Catalog Source Pod is not recreated when transitioned to the terminated state
Bug Report
What did you do?
- Have a catalog source.
- catalog source generates a pod on node A.
- node A get restarted/replaced.
- Pod not replaced
What did you expect to see? Pod is recreated.

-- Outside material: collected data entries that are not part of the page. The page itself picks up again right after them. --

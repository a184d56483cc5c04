// The written form, version 2: its header, its rules in place, and whether bytes are of that form.
ghost use Rattle.std.specs.Prelude.{◌≡◌, ◌+◌, ◌*◌, ◌≤◌, ◌<◌, length as length_of};
ghost use Rattle.laws.specs.Decides.{Decides};
ghost use Rattle.written.specs.Form.{written_header, rule_head, tokens_in, end_in, count_in, start_in, left_at, length_at, behind};
ghost use Rattle.written.specs.Form.{RuleStands, RulesStand, Formed};
ghost use Rattle.translation.specs.inner.Symbols.{AllBelow};

use crate::rules::Symbols;
use grammar::file::u16_at;

// The version.
pub const VERSION: u8 = 2;

// The bytes before the rules, and those of a rule before its symbols.
pub const HEADER: usize = 9;

pub const HEAD: usize = 4;

// The most symbols on the right.
pub const LONGEST: usize = 16;

// T, the number of tokens.
pub fn tokens(written: &[u8]) -> usize
    requires { written_header ≤ length_of written.now }
    ensures { (result ≡ tokens_in written.now) × (result < 65536) }
{
    u16_at(written, 1)
}

// T+M, the number of tokens and nonterminals.
pub fn end(written: &[u8]) -> usize
    requires { written_header ≤ length_of written.now }
    ensures { (result ≡ end_in written.now) × (result < 131072) }
{
    u16_at(written, 1) + u16_at(written, 3)
}

// R, the number of rules.
pub fn rule_count(written: &[u8]) -> usize
    requires { written_header ≤ length_of written.now }
    ensures { (result ≡ count_in written.now) × (result < 65536) }
{
    u16_at(written, 5)
}

// S, the start symbol.
pub fn start(written: &[u8]) -> usize
    requires { written_header ≤ length_of written.now }
    ensures { (result ≡ start_in written.now) × (result < 65536) }
{
    u16_at(written, 7)
}

// Whether the `n` symbols at `at` are all below `end`.
fn all_below(written: &[u8], at: usize, n: usize, end: usize) -> bool
    requires { at + 2 * n ≤ length_of written.now }
    ensures { Decides result (AllBelow end written.now at n) }
{
    Symbols::new(written, at, n).all(|x| (x as usize) < end)
}

// Whether a rule stands at `at`.
fn rule_stands(written: &[u8], at: usize) -> bool
    requires { (written_header ≤ length_of written.now) × (at ≤ length_of written.now) }
    ensures { Decides result (RuleStands written.now at) }
{
    if written.len() - at < HEAD {
        return false;
    }
    let a = u16_at(written, at);
    let n = u16_at(written, at + 2);
    tokens(written) <= a
        && a < end(written)
        && n <= LONGEST
        && 2 * n <= written.len() - at - HEAD
        && all_below(written, at + HEAD, n, end(written))
}

// Where the rule behind the one at `at` begins.
pub fn next(written: &[u8], at: usize) -> usize
    requires { RuleStands written.now at }
    ensures { (result ≡ behind written.now at) × (result ≤ length_of written.now) }
{
    at + HEAD + 2 * u16_at(written, at + 2)
}

// Whether all rules stand, and the bytes end behind the last.
fn rules_stand(written: &[u8]) -> bool
    requires { written_header ≤ length_of written.now }
    ensures { Decides result (RulesStand written.now written_header (count_in written.now)) }
{
    let mut at = HEADER;
    for _rule in 0..rule_count(written) {
        if !rule_stands(written, at) {
            return false;
        }
        at = next(written, at);
    }
    at == written.len()
}

// Whether the bytes are of the form.
pub fn formed(written: &[u8]) -> bool
    ensures { Decides result (Formed written.now) }
{
    HEADER <= written.len()
        && written[0] == VERSION
        && tokens(written) <= start(written)
        && start(written) < end(written)
        && rules_stand(written)
}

What did you see instead? Under which circumstances? Dead pod not replaced. But deleting the dead pods manually will trigger recreate.
Environment
- operator-lifecycle-manager version:
OLM version: v0.20.0
git commit: e6428a19b52d2fd7e689577d7be55223b1b2e5f8
- Kubernetes version information:
Client Version: version.Info{Major:"1", Minor:"23", GitVersion:"v1.23.5", GitCommit:"c285e781331a3785a7f436042c65c5641ce8a9e9", GitTreeState:"clean", BuildDate:"2022-03-16T15:58:47Z", GoVersion:"go1.17.8", Compiler:"gc", Platform:"linux/amd64"}
Server Version: version.Info{Major:"1", Minor:"22", GitVersion:"v1.22.6-gke.1500", GitCommit:"5595443086b60d8c5c62342fadc2d4fda9c793e8", GitTreeState:"clean", BuildDate:"2022-02-09T09:25:03Z", GoVersion:"go1.16.12b7", Compiler:"gc", Platform:"linux/amd64"}
- Kubernetes cluster kind: GKE
Possible Solution
Check for this pod condition and replace it.
Or
One of the comment in https://github.com/operator-framework/operator-lifecycle-manager/issues/2666 suggests to make CatalogSource Pod controller back (deployment/ss), that should also resolve this.
Additional context
Pod status
status:
conditions:
- lastProbeTime: null
lastTransitionTime: "2022-03-24T18:48:24Z"
status: "True"
type: Initialized
- lastProbeTime: null
lastTransitionTime: "2022-03-24T21:02:39Z"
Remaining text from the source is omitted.